--- THE RECORDS ---
//! Signature files as this crate makes them: writing, reading and checking them.

ghost use Rattle.std.specs.Prelude.{◌≡◌, ◌∷◌, List, Ok, Err, ℕ, MatchResult};
ghost use Rattle.der_core.specs.Encoding.{encoding, IsDer};
ghost use Rattle.wincert_core.specs.Refusal.{contents_in, current, encoded};
ghost use Rattle.wincert_core.specs.declared.error.WinCertificateError.{WinCertificateError};
ghost use Rattle.wincert_core.specs.declared.kinds.CertificateType.{CertificateType};
ghost use Rattle.x509_types.specs.CertificateElements.{CertificateElements};
ghost use Rattle.authenticode_core.specs.ContentRefusal.{of_header};
ghost use Rattle.authenticode_core.specs.Trusted.{IsAnswer, RefusesForm};
ghost use Rattle.authenticode_core.specs.declared.error.CheckError.{CheckError};
ghost use Rattle.authenticode_core.specs.declared.error.CheckError.TheVariants.{Memory};
ghost use Rattle.authenticode_signature.specs.FileRefusals.{GivesFile, GivesSignature, RefusesHeader};
ghost use Rattle.authenticode_signature.specs.MadeFile.{IsBasicAlone, IsCheckedBy, IsMadeSignature, IsSpelledWhole, by_the_first, wrapped};
ghost use Rattle.authenticode_signature.specs.Pkcs7.{written};
ghost use Rattle.authenticode_signature.specs.declared.pkcs7.Pkcs7.{Pkcs7};

use crate::signature::AuthenticodeSignature;
use authenticode_core::{Accepted, CheckError, Policy, check_wincert};
use sig_core::Scheme;
use std::alloc::Global;
use wincert_core::{CertificateType, WinCertificate};

/// The signature file with the signature, wrapped in a WIN_CERTIFICATE with the current revision.
/// The errors are those of `to_der`, `from_certificate` and `encode`.
pub fn encode_signature(
    alloc: Global,
    signature: &AuthenticodeSignature,
    certificate_type: CertificateType,
) -> Result<Vec<u8>, CheckError>
    ensures { GivesFile (written signature.now.0) certificate_type result }
{
    let der = signature.to_der(alloc)?;
    let wrapped = wrap(alloc, &der, certificate_type)?;
    spell(alloc, wrapped)
}

/// The signature in a signature file. The errors are those of `decode` and `from_wincert`.
pub fn decode_signature(alloc: Global, octets: &[u8]) -> Result<AuthenticodeSignature, CheckError>
    ensures answer { GivesSignature octets.now result }
    // A refusal of the header comes even when memory runs out.
    ensures refused { (source : WinCertificateError) → contents_in octets.now ≡ Err source
        → result ≡ Err (of_header source) }
    // A file is read as the signature that it was made of.
    ensures made { (p : Pkcs7) (certificate_type : CertificateType) → IsDer (written p)
        → IsSpelledWhole octets.now (wrapped certificate_type (encoding (written p)))
        → MatchResult result (λ s. s.0 ≡ p) (λ e. e ≡ Memory) }
{
    read_file(alloc, octets)
}

/// Checks a signature file. One that was made here is checked with the certificates that it
/// contains, and accepted under basic validation alone with its own digest, unless memory runs out.
pub fn check_made<S: Scheme>(
    alloc: Global,
    octets: &[u8],
    policy: &Policy<'_>,
    scheme: &S,
) -> Result<Accepted, CheckError>
    ensures answer { IsAnswer (S.judge scheme.now) policy.entry.now octets.now result }
    // A refusal of the header, of what the certificate is, of the form or for a missing digest
    // comes however much memory there is.
    ensures refused { (e : CheckError) → RefusesForm policy.entry.now octets.now e → result ≡ Err e }
    // A file that was made is checked with its certificates, whatever the policy checks.
    ensures over { (first : CertificateElements) (others : List CertificateElements)
        (file_hash : List ℕ)
        → IsMadeSignature (S.judge scheme.now) first others octets.now file_hash
        → IsCheckedBy (S.judge scheme.now) policy.entry.now (first ∷ others) octets.now file_hash result }
    // A file that was made is accepted.
    ensures made { (first : CertificateElements) (others : List CertificateElements)
        (file_hash : List ℕ) → IsBasicAlone policy.entry.now file_hash
        → IsMadeSignature (S.judge scheme.now) first others octets.now file_hash
        → MatchResult result (λ a. a ≡ by_the_first) (λ e. e ≡ Memory) }
{
    check_wincert(alloc, octets, policy, scheme)
}

/// The signature in a file.
fn read_file(alloc: Global, octets: &[u8]) -> Result<AuthenticodeSignature, CheckError>
    ensures answer { GivesSignature octets.now result }
    ensures refused { (source : WinCertificateError) → contents_in octets.now ≡ Err source
        → result ≡ Err (of_header source) }
{
    let wrapped = unwrap(alloc, octets)?;
    let signature = AuthenticodeSignature::from_wincert(alloc, &wrapped)?;
    Ok(signature)
}

/// Wraps octets in a WIN_CERTIFICATE with the current revision.
fn wrap(
    alloc: Global,
    der: &[u8],
    certificate_type: CertificateType,
) -> Result<WinCertificate, CheckError>
    ensures { MatchResult result (λ w. current der.now certificate_type ≡ Ok w)
        (RefusesHeader (current der.now certificate_type)) }
{
    match WinCertificate::from_certificate(alloc, der, certificate_type) {
        Ok(wrapped) => Ok(wrapped),
        Err(source) => Err(CheckError::from(source)),
    }
}

/// The encoding of a WIN_CERTIFICATE.
fn spell(alloc: Global, wrapped: WinCertificate) -> Result<Vec<u8>, CheckError>
    ensures { MatchResult result (λ octets. encoded wrapped ≡ Ok octets.items)
        (RefusesHeader (encoded wrapped)) }
{
    match wrapped.encode(alloc) {
        Ok(octets) => Ok(octets),
        Err(source) => Err(CheckError::from(source)),
    }
}

/// The WIN_CERTIFICATE at the start of octets.
fn unwrap(alloc: Global, octets: &[u8]) -> Result<WinCertificate, CheckError>
    ensures answer { MatchResult result (λ w. contents_in octets.now ≡ Ok w.certificate)
        (RefusesHeader (contents_in octets.now)) }
    ensures refused { (source : WinCertificateError) → contents_in octets.now ≡ Err source
        → result ≡ Err (of_header source) }
{
    match WinCertificate::decode(alloc, octets) {
        Ok(wrapped) => Ok(wrapped),
        Err(source) => Err(CheckError::from(source)),
    }
}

--- WHAT YOU SHOULD DO ---
Give back all of the data exactly, with every line intact.

--- EXERCISE RESPONSE ---
//! Signature files as this crate makes them: writing, reading and checking them.

ghost use Rattle.std.specs.Prelude.{◌≡◌, ◌∷◌, List, Ok, Err, ℕ, MatchResult};
ghost use Rattle.der_core.specs.Encoding.{encoding, IsDer};
ghost use Rattle.wincert_core.specs.Refusal.{contents_in, current, encoded};
ghost use Rattle.wincert_core.specs.declared.error.WinCertificateError.{WinCertificateError};
ghost use Rattle.wincert_core.specs.declared.kinds.CertificateType.{CertificateType};
ghost use Rattle.x509_types.specs.CertificateElements.{CertificateElements};
ghost use Rattle.authenticode_core.specs.ContentRefusal.{of_header};
ghost use Rattle.authenticode_core.specs.Trusted.{IsAnswer, RefusesForm};
ghost use Rattle.authenticode_core.specs.declared.error.CheckError.{CheckError};
ghost use Rattle.authenticode_core.specs.declared.error.CheckError.TheVariants.{Memory};
ghost use Rattle.authenticode_signature.specs.FileRefusals.{GivesFile, GivesSignature, RefusesHeader};
ghost use Rattle.authenticode_signature.specs.MadeFile.{IsBasicAlone, IsCheckedBy, IsMadeSignature, IsSpelledWhole, by_the_first, wrapped};
ghost use Rattle.authenticode_signature.specs.Pkcs7.{written};
ghost use Rattle.authenticode_signature.specs.declared.pkcs7.Pkcs7.{Pkcs7};

use crate::signature::AuthenticodeSignature;
use authenticode_core::{Accepted, CheckError, Policy, check_wincert};
use sig_core::Scheme;
use std::alloc::Global;
use wincert_core::{CertificateType, WinCertificate};

/// The signature file with the signature, wrapped in a WIN_CERTIFICATE with the current revision.
/// The errors are those of `to_der`, `from_certificate` and `encode`.
pub fn encode_signature(
    alloc: Global,
    signature: &AuthenticodeSignature,
    certificate_type: CertificateType,
) -> Result<Vec<u8>, CheckError>
    ensures { GivesFile (written signature.now.0) certificate_type result }
{
    let der = signature.to_der(alloc)?;
    let wrapped = wrap(alloc, &der, certificate_type)?;
    spell(alloc, wrapped)
}

/// The signature in a signature file. The errors are those of `decode` and `from_wincert`.
pub fn decode_signature(alloc: Global, octets: &[u8]) -> Result<AuthenticodeSignature, CheckError>
    ensures answer { GivesSignature octets.now result }
    // A refusal of the header comes even when memory runs out.
    ensures refused { (source : WinCertificateError) → contents_in octets.now ≡ Err source
        → result ≡ Err (of_header source) }
    // A file is read as the signature that it was made of.
    ensures made { (p : Pkcs7) (certificate_type : CertificateType) → IsDer (written p)
        → IsSpelledWhole octets.now (wrapped certificate_type (encoding (written p)))
        → MatchResult result (λ s. s.0 ≡ p) (λ e. e ≡ Memory) }
{
    read_file(alloc, octets)
}

/// Checks a signature file. One that was made here is checked with the certificates that it
/// contains, and accepted under basic validation alone with its own digest, unless memory runs out.
pub fn check_made<S: Scheme>(
    alloc: Global,
    octets: &[u8],
    policy: &Policy<'_>,
    scheme: &S,
) -> Result<Accepted, CheckError>
    ensures answer { IsAnswer (S.judge scheme.now) policy.entry.now octets.now result }
    // A refusal of the header, of what the certificate is, of the form or for a missing digest
    // comes however much memory there is.
    ensures refused { (e : CheckError) → RefusesForm policy.entry.now octets.now e → result ≡ Err e }
    // A file that was made is checked with its certificates, whatever the policy checks.
    ensures over { (first : CertificateElements) (others : List CertificateElements)
        (file_hash : List ℕ)
        → IsMadeSignature (S.judge scheme.now) first others octets.now file_hash
        → IsCheckedBy (S.judge scheme.now) policy.entry.now (first ∷ others) octets.now file_hash result }
    // A file that was made is accepted.
    ensures made { (first : CertificateElements) (others : List CertificateElements)
        (file_hash : List ℕ) → IsBasicAlone policy.entry.now file_hash
        → IsMadeSignature (S.judge scheme.now) first others octets.now file_hash
        → MatchResult result (λ a. a ≡ by_the_first) (λ e. e ≡ Memory) }
{
    check_wincert(alloc, octets, policy, scheme)
}

/// The signature in a file.
fn read_file(alloc: Global, octets: &[u8]) -> Result<AuthenticodeSignature, CheckError>
    ensures answer { GivesSignature octets.now result }
    ensures refused { (source : WinCertificateError) → contents_in octets.now ≡ Err source
        → result ≡ Err (of_header source) }
{
    let wrapped = unwrap(alloc, octets)?;
    let signature = AuthenticodeSignature::from_wincert(alloc, &wrapped)?;
    Ok(signature)
}

/// Wraps octets in a WIN_CERTIFICATE with the current revision.
fn wrap(
    alloc: Global,
    der: &[u8],
    certificate_type: CertificateType,
) -> Result<WinCertificate, CheckError>
    ensures { MatchResult result (λ w. current der.now certificate_type ≡ Ok w)
        (RefusesHeader (current der.now certificate_type)) }
{
    match WinCertificate::from_certificate(alloc, der, certificate_type) {
        Ok(wrapped) => Ok(wrapped),
        Err(source) => Err(CheckError::from(source)),
    }
}

/// The encoding of a WIN_CERTIFICATE.
fn spell(alloc: Global, wrapped: WinCertificate) -> Result<Vec<u8>, CheckError>
    ensures { MatchResult result (λ octets. encoded wrapped ≡ Ok octets.items)
        (RefusesHeader (encoded wrapped)) }
{
    match wrapped.encode(alloc) {
        Ok(octets) => Ok(octets),
        Err(source) => Err(CheckError::from(source)),
    }
}

/// The WIN_CERTIFICATE at the start of octets.
fn unwrap(alloc: Global, octets: &[u8]) -> Result<WinCertificate, CheckError>
    ensures answer { MatchResult result (λ w. contents_in octets.now ≡ Ok w.certificate)
        (RefusesHeader (contents_in octets.now)) }
    ensures refused { (source : WinCertificateError) → contents_in octets.now ≡ Err source
        → result ≡ Err (of_header source) }
{
    match WinCertificate::decode(alloc, octets) {
        Ok(wrapped) => Ok(wrapped),
        Err(source) => Err(CheckError::from(source)),
    }
}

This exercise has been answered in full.